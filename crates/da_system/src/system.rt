//! The processes of a program as one system, and its steps.
ghost use Rattle.da_core.specs.Compiled.{IsCompiled, program_of as compiled_program};
ghost use Rattle.da_lang.specs.Accepted.{IsAccepted};
ghost use Rattle.da_system.specs.Channels.{channel};
ghost use Rattle.da_system.specs.Network.{HasBegun};
ghost use Rattle.da_system.specs.SoundState.{IsSoundState, StaysSound};
ghost use Rattle.da_system.specs.State.{Answers, HasStepped, IsReady, StandAlike, Stands, Whichever, is_spent, program_of};
ghost use Rattle.da_system.specs.SystemStep.{start, sys_step};
ghost use Rattle.std.specs.Prelude.{◌≡◌, ◌↔◌, None, IfOk, IsErrOf, IsSome, IsTrue, OnOk, false, length, true};

use crate::counts::Counts;
use crate::network::Network;
use crate::renewal::{follow, renew_all};
use da_core::{Compiled, StepFault};
use da_lang::{Action, Event};
use da_values::{List, NoMemory};
use std::alloc::Global;

/// The processes of a compiled program, which run by the events of a schedule. Contracts see the states that they stand
/// for, by `Stands`. It keeps how many events may be picked, which each step counts anew where it changes them.
#[derive(Drop)]
pub struct System<'c> {
    pub(crate) network: Network<'c>,
    pub(crate) counts: Counts,
}

impl<'c> System<'c> {
    /// The system before any event. `NoMemory` comes where memory is refused, where a value would have 2^128 holders, and where a
    /// sum is outside an i128.
    pub fn new(alloc: Global, compiled: &'c Compiled) -> Result<System<'c>, NoMemory>
        requires { IsCompiled compiled.now }
        ensures ready { IfOk result IsReady }
        ensures program { IfOk result (λ system.
            program_of system ≡ compiled_program compiled.now) }
        ensures start { IfOk result (λ system.
            Stands system (start (compiled_program compiled.now))) }

        // That state is sound.
        ensures sound { let p = compiled_program compiled.now in IsSoundState p (start p) }
    {
        let count = compiled.program().procs.len();
        let network = Network::new(alloc, compiled)?;
        let mut counts = Counts::zeros(alloc, count)?;
        renew_all(&network, &mut counts);
        Ok(System { network, counts })
    }

    /// Whether the event is allowed. On a spent system none is. It takes no memory.
    pub fn enabled(&self, e: &Event) -> bool
        ensures spent { is_spent self.now ≡ true → result ≡ false }
        ensures allowed { Whichever self.now (λ s.
            IsTrue result ↔ IsSome (sys_step (program_of self.now) s e.now)) }
    {
        let spent = self.network.spent;
        if spent {
            return false;
        }
        self.network.may_step(e)
    }

    /// Makes the step of the event, and adds its actions to `out`. `Spent` comes exactly where an earlier step found no
    /// memory, and else `Forbidden` exactly where the event is not allowed; nothing has changed then. `Memory` leaves a
    /// spent system, and `out` has a prefix of the actions of the step besides.
    pub fn step(&mut self, e: &Event, out: &mut List<Action>) -> Result<(), StepFault>
        requires { IsReady self.old }
        ensures ready { IsReady self.new }
        ensures program { program_of self.new ≡ program_of self.old }
        ensures steps { OnOk result (Whichever self.old (λ s.
            HasStepped (sys_step (program_of self.old) s e.now) self.new out.old out.new)) }
        ensures spent { is_spent self.old ≡ true → IsErrOf result StepFault.Spent }
        ensures only_spent { IsErrOf result StepFault.Spent
            → (is_spent self.old ≡ true) × (self.new ≡ self.old) × (out.new ≡ out.old) }
        ensures forbidden { IsErrOf result StepFault.Forbidden → Whichever self.old (λ s.
            sys_step (program_of self.old) s e.now ≡ None) }
        ensures allowed { Whichever self.old (λ s.
            sys_step (program_of self.old) s e.now ≡ None → IsErrOf result StepFault.Forbidden) }
        ensures same { IsErrOf result StepFault.Forbidden
            → StandAlike self.old self.new × (out.new ≡ out.old) }
        ensures memory { IsErrOf result StepFault.Memory → is_spent self.new ≡ true }
        ensures prefix { IsErrOf result StepFault.Memory → Whichever self.old (λ s.
            HasBegun (sys_step (program_of self.old) s e.now) out.old out.new) }

        // Of an accepted program each state stays sound: where the event is allowed, it leads to a sound one.
        ensures sound { IsAccepted (program_of self.old)
            → Whichever self.old (λ s. StaysSound (program_of self.old) s e.now) }
    {
        let spent = self.network.spent;
        if spent {
            return Err(StepFault::Spent);
        }
        self.execute(e, out)
    }

    /// How many messages are in flight from process `p` to process `q`. It takes no memory.
    pub fn in_flight(&self, p: u32, q: u32) -> usize
        ensures { Whichever self.now (λ s. result ≡ length (channel s.channels p q)) }
    {
        self.network.in_flight(p, q)
    }
}

impl System<'_> {
    // Makes the step of the event, where the system is not spent, and counts anew what it may have changed.
    fn execute(&mut self, e: &Event, out: &mut List<Action>) -> Result<(), StepFault>
        requires ready { IsReady self.old }
        requires unspent { is_spent self.old ≡ false }
        ensures program { program_of self.new ≡ program_of self.old }
        ensures answers { Answers (λ s. sys_step (program_of self.old) s e.now)
            self.old result self.new out.old out.new }
    {
        let told = out.len();
        match self.network.execute(e, out) {
            Ok(_) => {
                follow(&self.network, &mut self.counts, e, told, out);
                Ok(())
            }
            Err(fault) => Err(fault),
        }
    }
}

// Each field by its name: a further one is refused here until it is named. None of them is a list of past messages.
fn fields_are_whole(system: &System<'_>) {
    let System {
        network: _,
        counts: _,
    } = system;
}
====
EXERCISE GOAL: Scan the records above for the lines holding "the step besides." and "IsAccepted (program_of self.old)". Transcribe those two and every line between them word for word, and no others.

ANSWER BELOW:
    /// spent system, and `out` has a prefix of the actions of the step besides.
    pub fn step(&mut self, e: &Event, out: &mut List<Action>) -> Result<(), StepFault>
        requires { IsReady self.old }
        ensures ready { IsReady self.new }
        ensures program { program_of self.new ≡ program_of self.old }
        ensures steps { OnOk result (Whichever self.old (λ s.
            HasStepped (sys_step (program_of self.old) s e.now) self.new out.old out.new)) }
        ensures spent { is_spent self.old ≡ true → IsErrOf result StepFault.Spent }
        ensures only_spent { IsErrOf result StepFault.Spent
            → (is_spent self.old ≡ true) × (self.new ≡ self.old) × (out.new ≡ out.old) }
        ensures forbidden { IsErrOf result StepFault.Forbidden → Whichever self.old (λ s.
            sys_step (program_of self.old) s e.now ≡ None) }
        ensures allowed { Whichever self.old (λ s.
            sys_step (program_of self.old) s e.now ≡ None → IsErrOf result StepFault.Forbidden) }
        ensures same { IsErrOf result StepFault.Forbidden
            → StandAlike self.old self.new × (out.new ≡ out.old) }
        ensures memory { IsErrOf result StepFault.Memory → is_spent self.new ≡ true }
        ensures prefix { IsErrOf result StepFault.Memory → Whichever self.old (λ s.
            HasBegun (sys_step (program_of self.old) s e.now) out.old out.new) }

        // Of an accepted program each state stays sound: where the event is allowed, it leads to a sound one.
        ensures sound { IsAccepted (program_of self.old)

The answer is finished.